::: Record extracts :::

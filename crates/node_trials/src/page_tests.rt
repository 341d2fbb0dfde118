//! Pages whose block is lost, damaged, or left over from an earlier life of the page.

ghost use Rattle.std.specs.Prelude.{◌<◌, OnOk};
ghost use Rattle.node_trials.specs.Bench.{IsReadyDevice, IsReady};

use crate::bench::Bench;
use crate::store::{
    MAP, NODE, PAGES, SHAPE, born, changed, format, new_disk, open_on, put_block, value,
};
use page_owner::Own;
use sd_base::{BlockNo, DevFault, Disk, PageNo};
use std::process::Abort;
use std::test::Fail;

/// Loses the block of page 2, and writes page 2 into that of page 3. The block of page 4 was never
/// written.
fn spoil<D: Disk>(disk: &mut D) -> Result<(), DevFault>
    requires quiet { IsReadyDevice SHAPE NODE.0 D.told (D.state disk.old) }
    ensures quiet { OnOk result (IsReadyDevice SHAPE NODE.0 D.told (D.state disk.new)) }
{
    disk.lose(SHAPE.page_block(PageNo(2)));
    let other = born(PageNo(2), SHAPE.birth);
    put_block(disk, SHAPE.page_block(PageNo(3)), &other)
}

/// Fetches a page that can't be read, beside two that are cached, and answers why.
fn refused<D: Disk>(rt: &impl Abort, bench: &mut Bench<D>, x: PageNo) -> DevFault
    requires page { x.0 < PAGES }
    requires ready { IsReady SHAPE D.told (D.state bench.old.disk) bench.old.pool bench.old.owners bench.old.cache }
    ensures ready { IsReady SHAPE D.told (D.state bench.new.disk) bench.new.pool bench.new.owners bench.new.cache }
{
    let fault = match bench.fetch(rt, x) {
        Err(DevFault::Lost(at)) => DevFault::Lost(at),
        Err(DevFault::Damaged(at)) => DevFault::Damaged(at),
        other => panic!(rt; "{other:?}"),
    };
    assert!(rt; !bench.cache.has(x));
    assert_eq!(rt; bench.owners.state(x), Own::Parked(NODE));
    assert_eq!(rt; bench.pool.free(), 14);
    fault
}

/// Page 1 and the map page stay where others can't be read.
fn try_spoiled<D: Disk>(rt: &impl Abort, bench: &mut Bench<D>)
    requires ready { IsReady SHAPE D.told (D.state bench.old.disk) bench.old.pool bench.old.owners bench.old.cache }
    ensures ready { IsReady SHAPE D.told (D.state bench.new.disk) bench.new.pool bench.new.owners bench.new.cache }
{
    bench.fetch_all(rt, &[MAP, PageNo(1)]);
    let lost = DevFault::Lost(BlockNo(12));
    assert_eq!(rt; refused(rt, bench, PageNo(2)), lost);
    assert_eq!(rt;
        refused(rt, bench, PageNo(3)),
        DevFault::Damaged(BlockNo(13))
    );
    assert_eq!(rt;
        refused(rt, bench, PageNo(4)),
        DevFault::Damaged(BlockNo(14))
    );
    // A page that is parked already is fetched like any other.
    assert_eq!(rt; refused(rt, bench, PageNo(2)), lost);
    let page = born(PageNo(1), SHAPE.birth);
    assert!(rt; *bench.view(rt, PageNo(1)) == page);
    assert!(rt; bench.cache.has(MAP));
    assert_eq!(rt; bench.owners.state(PageNo(1)), Own::Out(NODE));
}

#[test]
fn a_lost_or_damaged_page_is_parked(rt: HostRuntime) -> Result<(), Fail> {
    let mut disk = new_disk(rt.alloc())?;
    format(&mut disk, 3)?;
    spoil(&mut disk)?;
    let mut bench = open_on(rt.alloc(), disk)?;
    try_spoiled(&rt, &mut bench);
    let remains = bench.end(0);
    assert_eq!(rt; remains.pool.free(), 16);
    Ok(())
}

/// Writes images of earlier lives of pages 1 and 2, of which the second has the last identifier before
/// the present life, and an image of the present life of page 3.
fn leave_images<D: Disk>(rt: &impl Abort, disk: &mut D) -> Result<(), DevFault>
    requires quiet { IsReadyDevice SHAPE NODE.0 D.told (D.state disk.old) }
    ensures quiet { OnOk result (IsReadyDevice SHAPE NODE.0 D.told (D.state disk.new)) }
{
    let stale = changed(rt, PageNo(1), 0, 1);
    put_block(disk, SHAPE.page_block(PageNo(1)), &stale)?;
    let latest = changed(rt, PageNo(2), SHAPE.birth - 2, 2);
    put_block(disk, SHAPE.page_block(PageNo(2)), &latest)?;
    let present = changed(rt, PageNo(3), SHAPE.birth - 1, 3);
    put_block(disk, SHAPE.page_block(PageNo(3)), &present)
}

/// An image of an earlier life is read as the blank page with which the present life begins.
fn try_stale<D: Disk>(rt: &impl Abort, bench: &mut Bench<D>)
    requires ready { IsReady SHAPE D.told (D.state bench.old.disk) bench.old.pool bench.old.owners bench.old.cache }
    ensures ready { IsReady SHAPE D.told (D.state bench.new.disk) bench.new.pool bench.new.owners bench.new.cache }
{
    bench.fetch_all(rt, &[MAP, PageNo(1), PageNo(2), PageNo(3)]);
    assert!(rt; *bench.view(rt, PageNo(1)) == born(PageNo(1), SHAPE.birth));
    assert!(rt; *bench.view(rt, PageNo(2)) == born(PageNo(2), SHAPE.birth));
    let present = changed(rt, PageNo(3), SHAPE.birth - 1, 3);
    assert!(rt; *bench.view(rt, PageNo(3)) == present);
}

/// A change of such a page is one of the blank page.
fn change_stale<D: Disk>(rt: &impl Abort, bench: &mut Bench<D>)
    requires ready { IsReady SHAPE D.told (D.state bench.old.disk) bench.old.pool bench.old.owners bench.old.cache }
    ensures ready { IsReady SHAPE D.told (D.state bench.new.disk) bench.new.pool bench.new.owners bench.new.cache }
{
    let page = PageNo(1);
    bench
        .change(rt, page, value(rt, page, 9))
        .expect(rt, "a change");
    bench.flush_page(page).expect(rt, "a write");
    let image = changed(rt, page, SHAPE.birth, 9);
    assert!(rt; *bench.view(rt, page) == image);
    assert!(rt; bench.stores(page, &image));
}

#[test]
fn a_stale_image_is_read_as_its_life_says(rt: HostRuntime) -> Result<(), Fail> {
    let mut disk = new_disk(rt.alloc())?;
    format(&mut disk, 3)?;
    leave_images(&rt, &mut disk)?;
    let mut bench = open_on(rt.alloc(), disk)?;
    try_stale(&rt, &mut bench);
    change_stale(&rt, &mut bench);
    bench.end(0);
    Ok(())
}
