//! Updates are taken back whose page has left the cache since.

ghost use Rattle.std.specs.Prelude.{◌≤◌};
ghost use Rattle.node_trials.specs.SeatBench.{IsSeated};

use crate::reading::{check_log, check_page};
use crate::records::{PAGE, abort, append, cut, of, restore, set};
use crate::seat_bench::SeatBench;
use crate::steps::{Act, Step, row, run};
use crate::store::{MAP, SHAPE, new_bench};
use log_record::LogRecord;
use sd_base::{Disk, PageNo};
use std::process::Abort;
use std::test::Fail;

const SEAT: u8 = 6;

fn steps() -> [Step; 3] {
    [
        row(SEAT, Act::Begin, 1, Some(0), &[SEAT]),
        row(SEAT, Act::Put(0, b"a"), 2, Some(0), &[SEAT]),
        row(SEAT, Act::Append(0, b"b"), 3, Some(0), &[SEAT]),
    ]
}

/// Makes the page leave the cache, by 16 pages that come in.
fn push_out<D: Disk>(rt: &impl Abort, bench: &mut SeatBench<D>, first: u32)
    requires first { first ≤ 100 }
    requires seated { IsSeated SHAPE D.told (D.state bench.old.bench.disk) bench.old.bench.pool bench.old.bench.owners bench.old.bench.cache bench.old.seats bench.old.left }
    ensures seated { IsSeated SHAPE D.told (D.state bench.new.bench.disk) bench.new.bench.pool bench.new.bench.owners bench.new.bench.cache bench.new.seats bench.new.left }
{
    assert!(rt; bench.bench.cache.has(PAGE));
    for x in first..first + 16 {
        bench.fetch_all(rt, &[PageNo(x)]);
    }
    assert!(rt; !bench.bench.cache.has(PAGE));
}

/// Takes the two updates back, each after the page has left and come again.
fn take_back<D: Disk>(rt: &impl Abort, bench: &mut SeatBench<D>)
    requires seated { IsSeated SHAPE D.told (D.state bench.old.bench.disk) bench.old.bench.pool bench.old.bench.owners bench.old.bench.cache bench.old.seats bench.old.left }
    ensures seated { IsSeated SHAPE D.told (D.state bench.new.bench.disk) bench.new.bench.pool bench.new.bench.owners bench.new.bench.cache bench.new.seats bench.new.left }
{
    push_out(rt, bench, 2);
    // What is next is known without the page.
    let next = bench.next(rt, SEAT);
    assert_eq!(rt; next, Some((2, PAGE)));
    bench.fetch_all(rt, &[PAGE]);
    let taken = bench.take_back(rt, SEAT);
    assert_eq!(rt; taken, Some(2));
    check_page(rt, &bench.bench, 8, &[(0, b"a")]);
    push_out(rt, bench, 18);
    bench.fetch_all(rt, &[PAGE]);
    bench.take_back_all(rt, SEAT);
    check_page(rt, &bench.bench, 9, &[]);
    assert_eq!(rt; bench.seats.owed(), 0);
}

/// What is in the log then.
fn records(rt: &impl Abort) -> [LogRecord; 6] {
    [
        LogRecord::Begin,
        set(rt, of(0, 0, 5), 0, None, Some(b"a")),
        append(rt, of(0, 1, 6), 0, Some(1), b"b"),
        cut(of(0, 2, 7), 1, 0, Some(1)),
        restore(rt, of(0, 3, 8), 0, 0, None),
        abort(0, 4),
    ]
}

#[test]
fn an_update_of_a_page_that_has_left_is_taken_back(rt: HostRuntime) -> Result<(), Fail> {
    let mut bench = SeatBench::new(new_bench(rt.alloc(), 33)?);
    bench.fetch_all(&rt, &[MAP, PAGE]);
    run(&rt, &mut bench, &steps());
    take_back(&rt, &mut bench);
    let mut remains = bench.end(0);
    check_log(&rt, &mut remains.disk, &records(&rt))?;
    Ok(())
}
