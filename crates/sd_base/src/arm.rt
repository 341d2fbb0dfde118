//! Devices on which a stop or a failure can be ordered at a later call.
ghost use Rattle.std.specs.Prelude.{◌≡◌, ℕ, IsTrue};
ghost use Rattle.sd_base.specs.Disk.{IsPort};
ghost use Rattle.sd_base.specs.Calls.{IsOrdered};
ghost use Rattle.sd_base.specs.Arm.{Armed, ArmsCut, ArmsFault};

use crate::device::{Disk, NodeId};

/// A device whose ports can be armed: to be stopped in a write that is still to come, or to fail at a
/// call that is.
///
/// What is armed at a port is two counts and the picks that came with the first. What a count does
/// once it is due is for each device to say. Each of the two calls is an order: it changes what is
/// armed and the number of orders, and neither a block nor a port.
pub trait Arm: Disk {
    /// What is armed at each port.
    ghost armed: { Self → ℕ → Armed };

    /// Orders that the `writes`-th write of the port from now on is cut, and what its uncovered blocks
    /// are to hold then. 0 disarms.
    fn arm(&mut self, n: NodeId, writes: u32, picks: u64)
        requires { IsPort n.0 }
        ensures ports { IsOrdered (Self.state self.old) (Self.state self.new) }
        ensures blocks { IsTrue Self.told → (Self.state self.new).block ≡ (Self.state self.old).block }
        ensures armed { ArmsCut n.0 writes picks (armed self.old) (armed self.new) };

    /// Orders that the `calls`-th read, write or barrier of the port from now on fails. 0 disarms.
    fn fail(&mut self, n: NodeId, calls: u32)
        requires { IsPort n.0 }
        ensures ports { IsOrdered (Self.state self.old) (Self.state self.new) }
        ensures blocks { IsTrue Self.told → (Self.state self.new).block ≡ (Self.state self.old).block }
        ensures armed { ArmsFault n.0 calls (armed self.old) (armed self.new) };
}
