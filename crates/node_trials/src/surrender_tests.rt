//! A node gives up a page that is as on its block, one with changes, and one that is parked.

ghost use Rattle.std.specs.Prelude.{◌<◌};
ghost use Rattle.node_trials.specs.Bench.{IsReady};

use crate::bench::Bench;
use crate::store::{MAP, NODE, PAGES, SHAPE, changed, new_bench};
use Deed::{Barrier, Write};
use device_trials::{Deed, WatchedDisk};
use page_owner::Own;
use sd_base::{BlockNo, Disk, PageNo};
use std::process::Abort;
use std::test::Fail;

const FIRST: PageNo = PageNo(1);

const SECOND: PageNo = PageNo(2);

/// The first block of the ring, and the block of the first page.
const LOG: BlockNo = BlockNo(2);

const FIRST_BLOCK: BlockNo = BlockNo(11);

/// Gives up a page, and compares what the device is told meanwhile. The page is nobody's then.
fn surrender<D: Disk>(rt: &impl Abort, bench: &mut Bench<WatchedDisk<D>>, x: PageNo, deeds: &[Deed])
    requires page { x.0 < PAGES }
    requires ready { IsReady SHAPE D.told (⟦<WatchedDisk<D> as Disk>⟧.state bench.old.disk) bench.old.pool bench.old.owners bench.old.cache }
    ensures ready { IsReady SHAPE D.told (⟦<WatchedDisk<D> as Disk>⟧.state bench.new.disk) bench.new.pool bench.new.owners bench.new.cache }
{
    bench.watch(0, 0);
    bench.surrender(rt, x).expect(rt, "a page to give up");
    assert_eq!(rt; bench.disk.deeds(), deeds, "{x:?}");
    assert_eq!(rt; bench.owners.state(x), Own::Nobody);
    assert!(rt; !bench.cache.has(x));
}

/// A page without changes is given up without a word to the device, and its frame is free.
fn try_clean<D: Disk>(rt: &impl Abort, bench: &mut Bench<WatchedDisk<D>>)
    requires ready { IsReady SHAPE D.told (⟦<WatchedDisk<D> as Disk>⟧.state bench.old.disk) bench.old.pool bench.old.owners bench.old.cache }
    ensures ready { IsReady SHAPE D.told (⟦<WatchedDisk<D> as Disk>⟧.state bench.new.disk) bench.new.pool bench.new.owners bench.new.cache }
{
    bench.fetch_all(rt, &[MAP, FIRST, SECOND]);
    assert_eq!(rt; bench.pool.free(), 13);
    surrender(rt, bench, FIRST, &[]);
    assert_eq!(rt; bench.pool.free(), 14);
    assert!(rt; bench.cache.has(MAP));
    assert!(rt; bench.cache.has(SECOND));
}

/// A page with changes is written behind the log. The changes of the other page stay where they are.
fn try_changed<D: Disk>(rt: &impl Abort, bench: &mut Bench<WatchedDisk<D>>)
    requires ready { IsReady SHAPE D.told (⟦<WatchedDisk<D> as Disk>⟧.state bench.old.disk) bench.old.pool bench.old.owners bench.old.cache }
    ensures ready { IsReady SHAPE D.told (⟦<WatchedDisk<D> as Disk>⟧.state bench.new.disk) bench.new.pool bench.new.owners bench.new.cache }
{
    bench.fetch_all(rt, &[FIRST]);
    assert_eq!(rt;
        bench
            .change_both(rt, FIRST, SECOND)
            .expect(rt, "two changes"),
        [0, 1]
    );
    let page = [Write(LOG), Barrier, Write(FIRST_BLOCK), Barrier];
    surrender(rt, bench, FIRST, &page);
    assert!(rt; bench.stores(FIRST, &changed(rt, FIRST, SHAPE.birth, 1)));
    assert!(rt; bench.cache.is_dirty(SECOND));
    assert_eq!(rt; bench.cache.first_dirty(), Some(1));
    // The next one who fetches the page finds the change.
    bench.fetch_all(rt, &[FIRST]);
    assert!(rt; *bench.view(rt, FIRST) == changed(rt, FIRST, SHAPE.birth, 1));
    assert!(rt; !bench.cache.is_dirty(FIRST));
}

/// The first page has left a full cache and is parked. It is given up, and the cache stays as it is.
fn try_parked<D: Disk>(rt: &impl Abort, bench: &mut Bench<WatchedDisk<D>>)
    requires ready { IsReady SHAPE D.told (⟦<WatchedDisk<D> as Disk>⟧.state bench.old.disk) bench.old.pool bench.old.owners bench.old.cache }
    ensures ready { IsReady SHAPE D.told (⟦<WatchedDisk<D> as Disk>⟧.state bench.new.disk) bench.new.pool bench.new.owners bench.new.cache }
{
    bench.change_in_turn(rt, 16);
    assert_eq!(rt; bench.owners.state(FIRST), Own::Parked(NODE));
    surrender(rt, bench, FIRST, &[]);
    assert_eq!(rt; bench.pool.free(), 0);
    assert!(rt; bench.cache.is_dirty(SECOND));
    assert!(rt; bench.stores(FIRST, &changed(rt, FIRST, SHAPE.birth, 7)));
}

#[test]
fn a_page_is_given_up(rt: HostRuntime) -> Result<(), Fail> {
    let mut bench = new_bench(rt.alloc(), 2)?;
    try_clean(&rt, &mut bench);
    try_changed(&rt, &mut bench);
    bench.end(0);
    let mut bench = new_bench(rt.alloc(), 16)?;
    try_parked(&rt, &mut bench);
    bench.end(0);
    Ok(())
}
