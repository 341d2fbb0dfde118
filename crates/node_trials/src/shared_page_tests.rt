//! Three transactions change one page in turns, and one of them is taken back.

use crate::reading::{check_log, check_page};
use crate::records::{PAGE, abort, append, commit, cut, of, restore, set};
use crate::seat_bench::SeatBench;
use crate::steps::{Act, Step, row, run};
use crate::store::{MAP, new_bench};
use log_record::LogRecord;
use std::process::Abort;
use std::test::Fail;

/// The transactions in seats 0, 3 and 7 take turns. That in seat 3 is taken back, and the others go on
/// meanwhile.
fn steps() -> [Step; 20] {
    [
        row(0, Act::Begin, 1, Some(0), &[0]),
        row(0, Act::Put(0, b"one"), 2, Some(0), &[0]),
        row(3, Act::Begin, 3, Some(0), &[0, 3]),
        row(3, Act::Append(1, b"ab"), 4, Some(0), &[0, 3]),
        row(7, Act::Begin, 5, Some(0), &[0, 3, 7]),
        row(0, Act::Append(0, b"more"), 6, Some(0), &[0, 3, 7]),
        row(3, Act::Append(1, b"cd"), 7, Some(0), &[0, 3, 7]),
        row(7, Act::Put(2, b"kept"), 8, Some(0), &[0, 3, 7]),
        row(3, Act::Put(15, b"last"), 9, Some(0), &[0, 3, 7]),
        row(0, Act::Delete(0), 10, Some(0), &[0, 3, 7]),
        row(3, Act::Delete(1), 11, Some(0), &[0, 3, 7]),
        row(3, Act::TakeBack(10), 10, Some(0), &[0, 3, 7]),
        row(3, Act::TakeBack(8), 9, Some(0), &[0, 3, 7]),
        row(7, Act::Append(2, b"!"), 10, Some(0), &[0, 3, 7]),
        row(3, Act::TakeBack(6), 9, Some(0), &[0, 3, 7]),
        row(3, Act::TakeBack(3), 8, Some(0), &[0, 3, 7]),
        row(0, Act::Put(4, b""), 9, Some(0), &[0, 3, 7]),
        row(3, Act::EndAbort, 8, Some(0), &[0, 7]),
        row(0, Act::Commit, 3, Some(4), &[7]),
        row(7, Act::Commit, 0, None, &[]),
    ]
}

/// What is in the log then. Each step has one record, so they have the same numbers.
fn records(rt: &impl Abort) -> [LogRecord; 20] {
    [
        LogRecord::Begin,
        set(rt, of(0, 0, 5), 0, None, Some(b"one")),
        LogRecord::Begin,
        append(rt, of(2, 2, 6), 1, None, b"ab"),
        LogRecord::Begin,
        append(rt, of(0, 1, 7), 0, Some(3), b"more"),
        append(rt, of(2, 3, 8), 1, Some(2), b"cd"),
        set(rt, of(4, 4, 9), 2, None, Some(b"kept")),
        set(rt, of(2, 6, 10), 15, None, Some(b"last")),
        set(rt, of(0, 5, 11), 0, Some(b"onemore"), None),
        set(rt, of(2, 8, 12), 1, Some(b"abcd"), None),
        restore(rt, of(2, 10, 13), 8, 1, Some(b"abcd")),
        restore(rt, of(2, 11, 14), 6, 15, None),
        append(rt, of(4, 7, 15), 2, Some(4), b"!"),
        cut(of(2, 12, 16), 3, 1, Some(2)),
        cut(of(2, 14, 17), 2, 1, None),
        set(rt, of(0, 9, 18), 4, None, Some(b"")),
        abort(2, 15),
        commit(0, 16),
        commit(4, 13),
    ]
}

#[test]
fn one_of_three_transactions_on_a_page_is_taken_back(rt: HostRuntime) -> Result<(), Fail> {
    let mut bench = SeatBench::new(new_bench(rt.alloc(), 1)?);
    bench.fetch_all(&rt, &[MAP, PAGE]);
    run(&rt, &mut bench, &steps());
    check_page(&rt, &bench.bench, 19, &[(2, b"kept!"), (4, b"")]);
    let mut remains = bench.end(0);
    check_log(&rt, &mut remains.disk, &records(&rt))?;
    Ok(())
}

:::

Work required:
Output exactly the leading lines of the data, up to and including the line marked by "fn spoil<D: Disk>(disk: &mut".

Written reply:
filename crates/node_trials/src/page_tests.rt
repository 341d2fbb0dfde118
//! Pages whose block is lost, damaged, or left over from an earlier life of the page.

ghost use Rattle.std.specs.Prelude.{◌<◌, OnOk};
ghost use Rattle.node_trials.specs.Bench.{IsReadyDevice, IsReady};

use crate::bench::Bench;
use crate::store::{
    MAP, NODE, PAGES, SHAPE, born, changed, format, new_disk, open_on, put_block, value,
};
use page_owner::Own;
use sd_base::{BlockNo, DevFault, Disk, PageNo};
use std::process::Abort;
use std::test::Fail;

/// Loses the block of page 2, and writes page 2 into that of page 3. The block of page 4 was never
/// written.
fn spoil<D: Disk>(disk: &mut D) -> Result<(), DevFault>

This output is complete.